Texas incentives for filmmakers are defended in House hearing

Texas Enterprise Fund continues to draw fire

A Hollywood executive and others told Texas lawmakers on Wednesday that the state is doing the minimum right now to be competitive in the film industry. Economic incentives for filmmakers who ply their craft here were the focus of hours of testimony Wednesday during a House select committee meeting, the latest in a series of hearings about Gov. Perry’s prized Texas Enterprise Fund and Emerging Technology Fund, as well as other programs designed to lure business.

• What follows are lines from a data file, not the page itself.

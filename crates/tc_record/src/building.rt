//! A document built from its tokens.

ghost use Rattle.std.specs.Prelude.{◌≡◌, ◌≤◌, ◌∷◌, IfOk, Some, option_map, length, map};
ghost use Rattle.tc_model.specs.Document.{IsAscending};
ghost use Rattle.tc_value.specs.Meaning.{tree_of, member_of};
ghost use Rattle.tc_record.specs.WalkView.{token_of, piece_of, key_of};
ghost use Rattle.tc_record.specs.Building.{innermost, outer, value_in, member_in, name_told, value_read, levels_of, document_read, HoldDocuments};

use crate::cursor::Cursor;
use crate::token::{Label, Piece, Token};
use std::alloc::{AllocError, Global};
use tc_value::{Doc, Items, Member, Members, Text};

/// The document whose tokens these are, or `None` where they begin with no value.
pub(crate) fn document_of(alloc: Global, tokens: Cursor<'_>) -> Result<Option<Doc>, AllocError>
    requires { HoldDocuments (levels_of tokens) }
    ensures { IfOk result (λ doc. option_map tree_of doc ≡ document_read tokens.entry) }
{
    let mut cursor = tokens;
    match cursor.next() {
        None => Ok(None),
        Some(token) => value_behind(&mut cursor, token, alloc),
    }
}

/// The value that a token is or opens, with what it holds taken from the cursor; `None` where the token closes one.
#[cycle(build)]
fn value_behind(
    cursor: &mut Cursor<'_>,
    token: Token<'_>,
    alloc: Global,
) -> Result<Option<Doc>, AllocError>
    requires { HoldDocuments (levels_of (token_of token ∷ cursor.old)) }
    ensures read { IfOk result (λ doc. (option_map tree_of doc, levels_of cursor.new) ≡ value_read (piece_of token.entry.value) (levels_of cursor.old)) }
    ensures shorter { IfOk result (λ doc. length cursor.new ≤ length cursor.old) }
{
    match token.value {
        Piece::Null => Ok(Some(Doc::Null)),
        Piece::Bool(value) => Ok(Some(Doc::Bool(value))),
        Piece::Int(value) => Ok(Some(Doc::Int(value))),
        Piece::Text(value) => Ok(Some(Doc::Text(Text::copy_of(alloc, value)?))),
        Piece::Array => Ok(Some(Doc::Array(Items::of(items_behind(cursor, alloc)?)))),
        Piece::Object => Ok(Some(Doc::Object(Members::of(members_behind(cursor, alloc)?)))),
        Piece::Close => Ok(None),
    }
}

/// The items up to the close of their array.
#[cycle(build)]
fn items_behind(cursor: &mut Cursor<'_>, alloc: Global) -> Result<Vec<Doc>, AllocError>
    requires { HoldDocuments (levels_of cursor.old) }
    ensures items { IfOk result (λ docs. map tree_of docs.items ≡ map value_in (innermost (levels_of cursor.old))) }
    ensures rest { IfOk result (λ docs. levels_of cursor.new ≡ outer (levels_of cursor.old)) }
    ensures shorter { IfOk result (λ docs. length cursor.new ≤ length cursor.old) }
{
    let mut items = Vec::new(alloc);
    while let Some(token) = cursor.next() {
        match value_behind(cursor, token, alloc)? {
            None => break,
            Some(doc) => items.push(doc)?,
        }
    }
    Ok(items)
}

/// The members up to the close of their object.
#[cycle(build)]
fn members_behind(cursor: &mut Cursor<'_>, alloc: Global) -> Result<Vec<Member>, AllocError>
    requires { HoldDocuments (levels_of cursor.old) }
    ensures members { IfOk result (λ members. map member_of members.items ≡ map member_in (innermost (levels_of cursor.old))) }
    ensures rest { IfOk result (λ members. levels_of cursor.new ≡ outer (levels_of cursor.old)) }
    ensures shorter { IfOk result (λ members. length cursor.new ≤ length cursor.old) }
{
    let mut members = Vec::new(alloc);
    while let Some(token) = cursor.next() {
        match value_behind(cursor, token, alloc)? {
            None => break,
            Some(value) => {
                let name = Text::copy_of(alloc, name_or_empty(token.label))?;
                members.push(Member { name, value })?;
            }
        }
    }
    Ok(members)
}

/// The name that a label is, or the empty one.
fn name_or_empty<'a>(label: Label<'a>) -> &'a str
    ensures { result.now ≡ name_told (key_of label.entry) }
{
    match label {
        Label::Name(name) => name,
        Label::Bare => "",
        Label::Number(_) => "",
    }
}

Heather Page, the Director of the Texas Film Commission, said $128 million has been rebated to companies over the last 7 years through the Moving Image Industry Incentive Program and those companies have injected about $958 million into the state’s economy. It’s also created about 15,000 fulltime jobs in that time, she said. Meantime states like New York, Michigan, and Louisiana have gotten much more aggressive in recent years with their incentive programs for filmmakers, Page said.

As of last fiscal year, the program had a 657 percent rate of return, Page said. "That number is determined by the documentation that we receive from the applicant, how much money they spent, of which we will incentivize a percentage of that," she said and added that unlike the Texas Enterprise Fund – which grants money to companies up front after they’ve agreed to certain terms – the film incentives require private investment first. "They have to spend in the state well before they see a rebate from us," Page said.

The fund has been criticized by some self-identified Tea Party lawmakers and others as unnecessary and “outside the core functions of government.”